:: Items listed in a dataset ::
************

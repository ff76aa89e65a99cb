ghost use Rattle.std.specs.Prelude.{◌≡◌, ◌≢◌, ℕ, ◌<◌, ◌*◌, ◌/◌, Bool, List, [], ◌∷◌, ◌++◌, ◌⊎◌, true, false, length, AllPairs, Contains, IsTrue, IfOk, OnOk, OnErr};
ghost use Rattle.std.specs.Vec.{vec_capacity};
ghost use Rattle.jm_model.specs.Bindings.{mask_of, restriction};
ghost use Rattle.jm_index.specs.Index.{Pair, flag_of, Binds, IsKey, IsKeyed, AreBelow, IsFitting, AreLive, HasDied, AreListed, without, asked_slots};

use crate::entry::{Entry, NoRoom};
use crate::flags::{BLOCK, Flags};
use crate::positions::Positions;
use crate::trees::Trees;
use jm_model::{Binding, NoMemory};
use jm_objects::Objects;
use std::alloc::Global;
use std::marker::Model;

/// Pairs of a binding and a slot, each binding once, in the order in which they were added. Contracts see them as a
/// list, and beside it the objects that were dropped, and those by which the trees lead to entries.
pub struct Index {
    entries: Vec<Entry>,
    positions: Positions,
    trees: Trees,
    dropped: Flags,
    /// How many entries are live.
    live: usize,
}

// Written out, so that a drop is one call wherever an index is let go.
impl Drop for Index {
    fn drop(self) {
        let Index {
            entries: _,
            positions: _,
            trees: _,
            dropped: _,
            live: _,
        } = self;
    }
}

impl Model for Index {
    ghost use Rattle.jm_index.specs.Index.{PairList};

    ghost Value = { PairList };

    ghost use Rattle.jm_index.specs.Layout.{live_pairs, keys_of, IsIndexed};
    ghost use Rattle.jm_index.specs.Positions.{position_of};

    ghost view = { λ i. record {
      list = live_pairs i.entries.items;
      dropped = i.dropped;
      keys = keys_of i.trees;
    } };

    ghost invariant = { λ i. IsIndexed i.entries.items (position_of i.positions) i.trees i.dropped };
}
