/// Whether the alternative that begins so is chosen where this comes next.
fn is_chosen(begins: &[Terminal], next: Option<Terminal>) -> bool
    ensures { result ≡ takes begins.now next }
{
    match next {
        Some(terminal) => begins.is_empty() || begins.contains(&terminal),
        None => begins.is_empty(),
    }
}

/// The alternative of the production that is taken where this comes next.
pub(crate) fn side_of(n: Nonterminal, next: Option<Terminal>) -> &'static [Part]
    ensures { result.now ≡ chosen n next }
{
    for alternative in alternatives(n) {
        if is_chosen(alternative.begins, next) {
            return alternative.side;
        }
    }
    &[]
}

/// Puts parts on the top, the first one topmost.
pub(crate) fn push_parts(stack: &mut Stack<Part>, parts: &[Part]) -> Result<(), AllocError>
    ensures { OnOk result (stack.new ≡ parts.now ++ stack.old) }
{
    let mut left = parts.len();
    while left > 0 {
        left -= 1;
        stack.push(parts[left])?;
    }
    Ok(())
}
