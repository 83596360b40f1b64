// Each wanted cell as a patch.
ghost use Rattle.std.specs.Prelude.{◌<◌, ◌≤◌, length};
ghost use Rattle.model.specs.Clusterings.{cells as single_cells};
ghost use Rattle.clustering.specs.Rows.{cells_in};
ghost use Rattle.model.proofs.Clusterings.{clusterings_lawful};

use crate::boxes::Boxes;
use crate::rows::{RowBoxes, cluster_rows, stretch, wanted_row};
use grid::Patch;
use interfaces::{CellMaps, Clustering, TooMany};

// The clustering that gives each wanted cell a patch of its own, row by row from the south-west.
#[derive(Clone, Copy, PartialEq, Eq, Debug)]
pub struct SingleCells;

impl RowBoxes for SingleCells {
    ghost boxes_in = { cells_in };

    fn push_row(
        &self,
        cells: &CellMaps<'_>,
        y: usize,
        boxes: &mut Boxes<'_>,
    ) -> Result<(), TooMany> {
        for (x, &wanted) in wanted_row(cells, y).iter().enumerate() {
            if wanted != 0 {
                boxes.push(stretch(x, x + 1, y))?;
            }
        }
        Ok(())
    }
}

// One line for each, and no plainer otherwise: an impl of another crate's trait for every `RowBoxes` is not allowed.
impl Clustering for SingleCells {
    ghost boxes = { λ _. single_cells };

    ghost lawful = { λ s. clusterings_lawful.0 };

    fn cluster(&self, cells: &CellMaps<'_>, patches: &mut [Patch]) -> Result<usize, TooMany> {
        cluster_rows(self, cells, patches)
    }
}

************

:: Task to complete ::
Select every line of the records holding the string "parts".

:: Solution ::
/// Puts parts on the top, the first one topmost.
pub(crate) fn push_parts(stack: &mut Stack<Part>, parts: &[Part]) -> Result<(), AllocError>
    ensures { OnOk result (stack.new ≡ parts.now ++ stack.old) }
    let mut left = parts.len();
        stack.push(parts[left])?;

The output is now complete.